3) How are people expected to make their regular journeys from Kirknewton when it is proposed that there will be no alternative route from platform to platform other than a shuttle bus?

During the period a road is closed, a 24hr shuttle bus shall be provided to transport passengers, pedestrians and bus users. Vehicle drivers should follow the road diversion signage.

00:35 Hrs Following the last train on the Saturday night (approx. 2300Hrs)

The shuttle bus service, operated by First Bus will transport passengers from all bus stops within the area affected by the road closure to join the diverted scheduled bus services at the nearest bus stop possible. This service will operate for the full duration of the scheduled bus services timetable.

A shuttle bus service to transport pedestrians around the closure of the level crossing will also operate as a 24hr service.

It is anticipated that during the day we will require two separate services, one for scheduled bus passengers and one for pedestrians. Overnight it may be possible to run one service to combine bus passengers and pedestrians.
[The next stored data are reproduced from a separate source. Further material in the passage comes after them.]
//! The passes that the callers of a row have.
ghost use Rattle.std.specs.Prelude.{◌<◌, IfSome, length};

use super::acts::Told;
use evl_base::{MutexId, Refusal, Transfer};
use evl_machine::{Begun, Ended};
use evl_words::{MutexPass, StaxPass};
use std::alloc::Global;

/// The bytes that a caller writes.
pub const WRITTEN: &[u8] = b"ab";

/// A mutex is unlocked with the pass of it that came first, a stax is left with the pass of the caller of this number.
#[derive(Drop)]
pub struct Passes {
    alloc: Global,
    staxes: Vec<StaxPass>,
    mutexes: Vec<MutexPass>,
}

// The place of the first pass of a mutex.
fn place_of_mutex(passes: &[MutexPass], mutex: MutexId) -> Option<usize>
    ensures { IfSome result (λ place. place < length passes.now) }
{
    for place in 0..passes.len() {
        if passes[place].mutex() == mutex {
            return Some(place);
        }
    }
    None
}

// The place of the first stax pass of the caller of this number.
fn place_of_caller(passes: &[StaxPass], number: u16) -> Option<usize>
    ensures { IfSome result (λ place. place < length passes.now) }
{
    for place in 0..passes.len() {
        if passes[place].seat() == number {
            return Some(place);
        }
    }
    None
}

impl Passes {
    pub fn new(alloc: Global) -> Passes {
        Passes {
            alloc,
            staxes: Vec::new(alloc),
            mutexes: Vec::new(alloc),
        }
    }

    /// The bytes to be written, in a box of their own.
    pub fn bytes(&self) -> Option<Transfer> {
        let mut bytes = Transfer::empty(self.alloc).ok()?;
        bytes.set(WRITTEN);
        Some(bytes)
    }

    /// The first pass of a mutex, which is taken away.
    pub fn of_mutex(&mut self, mutex: MutexId) -> Option<MutexPass> {
        match place_of_mutex(self.mutexes.as_slice(), mutex) {
            Some(place) => Some(self.mutexes.remove(place)),
            None => None,
        }
    }

    /// The first stax pass of the caller of this number, which is taken away.
    pub fn of_caller(&mut self, number: u16) -> Option<StaxPass> {
        match place_of_caller(self.staxes.as_slice(), number) {
            Some(place) => Some(self.staxes.remove(place)),
            None => None,
        }
    }

    // A pass that comes lies there from now on.
    fn with_mutex(&mut self, pass: MutexPass, told: Told) -> Told {
        match self.mutexes.push(pass) {
            Ok(()) => told,
            Err(_) => Told::Nothing,
        }
    }

    fn with_stax(&mut self, pass: StaxPass, told: Told) -> Told {
        match self.staxes.push(pass) {
            Ok(()) => told,
            Err(_) => Told::Nothing,
        }
    }

    pub fn entered(&mut self, answer: Result<StaxPass, Refusal>) -> Told {
        match answer {
            Ok(pass) => self.with_stax(pass, Told::Passed),
            Err(refusal) => Told::Refused(refusal),
        }
    }

    pub fn left(&mut self, answer: Result<bool, (Refusal, StaxPass)>) -> Told {
        match answer {
            Ok(others) => Told::Left(others),
            Err((refusal, pass)) => self.with_stax(pass, Told::Refused(refusal)),
        }
    }

    pub fn locked(&mut self, answer: Result<MutexPass, Refusal>) -> Told {
        match answer {
            Ok(pass) => self.with_mutex(pass, Told::Passed),
            Err(refusal) => Told::Refused(refusal),
        }
    }

    pub fn unlocked(&mut self, answer: Result<(), (Refusal, MutexPass)>) -> Told {
        match answer {
            Ok(()) => Told::Done,
            Err((refusal, pass)) => self.with_mutex(pass, Told::Refused(refusal)),
        }
    }

    pub fn begun(&mut self, answer: Result<Begun, Refusal>) -> Told {
        match answer {
            Ok(Begun::Locked(pass)) => self.with_mutex(pass, Told::Passed),
            Ok(Begun::Waiting) => Told::Waiting,
            Err(refusal) => Told::Refused(refusal),
        }
    }

    pub fn ended(&mut self, answer: Result<Ended, Refusal>) -> Told {
        match answer {
            Ok(Ended::Locked(pass)) => self.with_mutex(pass, Told::Passed),
            Ok(Ended::TimedOut) => Told::TimedOut,
            Err(refusal) => Told::Refused(refusal),
        }
    }
}
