//! The calls on words that the steps of a text are.
ghost use Rattle.std.specs.Prelude.{ℕ, ◌≡◌, ◌≤◌, None, IfErr, IfOk, length};
ghost use Rattle.std.specs.Str.{bytes_eq};
ghost use Rattle.lab_step_texts.specs.Calls as texts;
ghost use Rattle.lab_step_texts.specs.Calls.{calls_behind, lock_at, lock_named};
ghost use Rattle.lab_step_texts.specs.declared.faults.StepFault.{StepFault};

use crate::faults::StepFault;
use evl_base::{Call, MutexId, StaxId, ThreadId};
use lab_callers_text::{Act, CallersStep};
use lab_step_orders::WordCall;
use std::alloc::{AllocError, Global};

/// A call, and the thread that makes it.
#[derive(Clone, Copy, PartialEq, Eq)]
pub struct CallerCall {
    pub who: ThreadId,
    pub call: WordCall,
}

// The lock that a name means.
#[derive(Clone, Copy, PartialEq, Eq)]
pub(crate) enum Lock {
    Stax(StaxId),
    Mutex(MutexId),
}

/// Why the steps of a text are no calls on words.
#[derive(Clone, Copy, PartialEq, Eq)]
pub(crate) enum CallsFault {
    /// The number of the first that is none.
    Step(usize, StepFault),
    /// Memory couldn't grow.
    Memory,
}

// This lock, if it has the name.
fn lock_if(as_name: &str, name: &str, lock: Lock) -> Option<Lock>
    ensures { result ≡ texts.lock_if (bytes_eq as_name.now name.now) lock }
{
    if as_name == name { Some(lock) } else { None }
}

// The lock that a step names so.
fn lock_in(name: &str, act: &Act) -> Option<Lock>
    ensures { result ≡ texts.lock_in name.now act.now }
{
    match act {
        Act::TryLockStax(stax, as_name) => lock_if(as_name.as_str(), name, Lock::Stax(*stax)),
        Act::TryLockMutex(mutex, as_name) => lock_if(as_name.as_str(), name, Lock::Mutex(*mutex)),
        Act::BeginLockMutex(mutex, _, as_name) => {
            lock_if(as_name.as_str(), name, Lock::Mutex(*mutex))
        }
        _ => None,
    }
}

// And by this caller.
fn lock_at(who: ThreadId, name: &str, step: &CallersStep) -> Option<Lock>
    ensures { result ≡ lock_at who.0 name.now step.now }
{
    if step.who.0 == who.0 {
        lock_in(name, &step.act)
    } else {
        None
    }
}

// The lock that the last of these steps of a caller names so.
fn lock_named(who: ThreadId, name: &str, before: &[CallersStep]) -> Option<Lock>
    ensures { result ≡ lock_named who.0 name.now None before.now }
{
    let mut found = None;
    for step in before {
        found = lock_at(who, name, step).or(found);
    }
    found
}

// The call that unlocks a stax.
fn stax_call(lock: Option<Lock>) -> Result<WordCall, StepFault>
    ensures { result ≡ texts.stax_call lock }
{
    match lock {
        Some(Lock::Stax(stax)) => Ok(WordCall::UnlockStax(stax)),
        _ => Err(StepFault::Pass),
    }
}

// The call that unlocks a mutex by one exchange.
fn fast_call(lock: Option<Lock>) -> Result<WordCall, StepFault>
    ensures { result ≡ texts.fast_call lock }
{
    match lock {
        Some(Lock::Mutex(mutex)) => Ok(WordCall::UnlockMutexFast(mutex)),
        _ => Err(StepFault::Pass),
    }
}

// The call that unlocks a mutex, and visits the kernel where others claim it.
fn unlock_call(lock: Option<Lock>) -> Result<WordCall, StepFault>
    ensures { result ≡ texts.unlock_call lock }
{
    match lock {
        Some(Lock::Mutex(mutex)) => Ok(WordCall::TryUnlockMutex(mutex)),
        _ => Err(StepFault::Pass),
    }
}

// Whether callers may make a call of the kernel: it changes no thread's stage or policy, is of no mutex, and answers no
// bytes.
fn is_plain_call(call: &Call) -> bool
    ensures { result ≡ texts.is_plain_call call.now }
{
    match call {
        Call::Attach { .. }
        | Call::Detach
        | Call::SetPolicy { .. }
        | Call::SetStage { .. }
        | Call::Read { .. }
        | Call::BeginRead { .. }
        | Call::Claim { .. }
        | Call::Release { .. }
        | Call::Raise { .. } => false,
        _ => true,
    }
}

// The call that a call of the kernel is, which is at this place.
fn kernel_call(call: &Call, place: usize) -> Result<WordCall, StepFault>
    ensures { result ≡ texts.kernel_call call.now place }
{
    match call {
        Call::Finish { keep } => Ok(WordCall::Finish(*keep)),
        _ => {
            if is_plain_call(call) {
                Ok(WordCall::Kernel(place))
            } else {
                Err(StepFault::Core)
            }
        }
    }
}

// The call that a step of this caller is, after these steps.
fn call_in(before: &[CallersStep], who: ThreadId, act: &Act) -> Result<WordCall, StepFault>
    ensures { result ≡ texts.call_in before.now who.0 act.now }
{
    match act {
        Act::TryLockStax(stax, _) => Ok(WordCall::TryLockStax(*stax)),
        Act::UnlockStax(pass) => stax_call(lock_named(who, pass.as_str(), before)),
        Act::TryLockMutex(mutex, _) => Ok(WordCall::TryLockMutex(*mutex)),
        Act::UnlockMutexFast(pass) => fast_call(lock_named(who, pass.as_str(), before)),
        Act::TryUnlockMutex(pass) => unlock_call(lock_named(who, pass.as_str(), before)),
        Act::BeginLockMutex(mutex, until, _) => Ok(WordCall::BeginLockMutex(*mutex, *until)),
        Act::FinishLockMutex(_) => Ok(WordCall::FinishLockMutex),
        Act::Call(call) => kernel_call(call, before.len()),
        Act::Take | Act::Give => Err(StepFault::Core),
    }
}

// And by a thread of a board of so many.
fn call_of(threads: u16, before: &[CallersStep], step: &CallersStep) -> Result<WordCall, StepFault>
    ensures { result ≡ texts.call_of threads before.now step.now }
{
    if step.who.0 < threads {
        call_in(before, step.who, &step.act)
    } else {
        Err(StepFault::Who)
    }
}

/// The calls of the steps after so many that are set up, by threads of a board of so many; or the number, from 1, of the
/// first that is no call on words.
pub(crate) fn calls_of(
    alloc: Global,
    threads: u16,
    setup: usize,
    steps: &[CallersStep],
) -> Result<Vec<CallerCall>, CallsFault>
    requires { setup ≤ length steps.now }
    ensures calls { IfOk result (λ calls. calls_behind threads setup steps.now ≡ Ok calls.items) }
    ensures fault { IfErr result (λ e. (n : ℕ) (fault : StepFault) → e ≡ CallsFault.Step n fault → calls_behind threads setup steps.now ≡ Err (n, fault)) }
{
    let mut calls = Vec::new(alloc);
    for i in setup..steps.len() {
        let step = &steps[i];
        let call = match call_of(threads, &steps[..i], step) {
            Ok(call) => call,
            Err(fault) => return Err(CallsFault::Step(i + 1, fault)),
        };
        let made = CallerCall {
            who: step.who,
            call,
        };
        match calls.push(made) {
            Ok(()) => {}
            Err(_) => return Err(CallsFault::Memory),
        }
    }
    Ok(calls)
}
4) Why is there no temporary foot-bridge for passengers?

A shuttle bus shall be provided to ferry passengers between platforms.

5) What is to prevent people walking down the end of the platform as people did in the past with tragic, fatal results?
Signage is provided warning passengers of the danger of trespassing on the railway. This is the standard arrangement at stations around the country. Additionally at Kirknewton station there are lockable gates at the level crossing ends of the platforms.

6) Why a 7 day prior notice is considered sufficient to inform people of such an important change?
Works take place in May, so there’s more than 7 days notice being provided. Eight advance warning road signs Road signage will be erected 2 weeks prior to work starting. Diversion route traffic management signage will be installed to coincide with road closure.

7) What will happen to the regular bus service time-table?
A shuttle bus service to transport passengers from all bus stops within the area affected by the road closure to join the diverted scheduled bus services at the nearest bus stop possible. The shuttle service will operate for the full duration of the scheduled bus services timetable, while a separate service will be available 24hrs to cater for pedestrians requiring to traverse the crossing.

8) Has the problem of children and young people who live north of their schools been factored into the bus shuttles?
If they travel on foot, a shuttle bus will be available for them to use, alternatively vehicle users should follow the road diversion signs.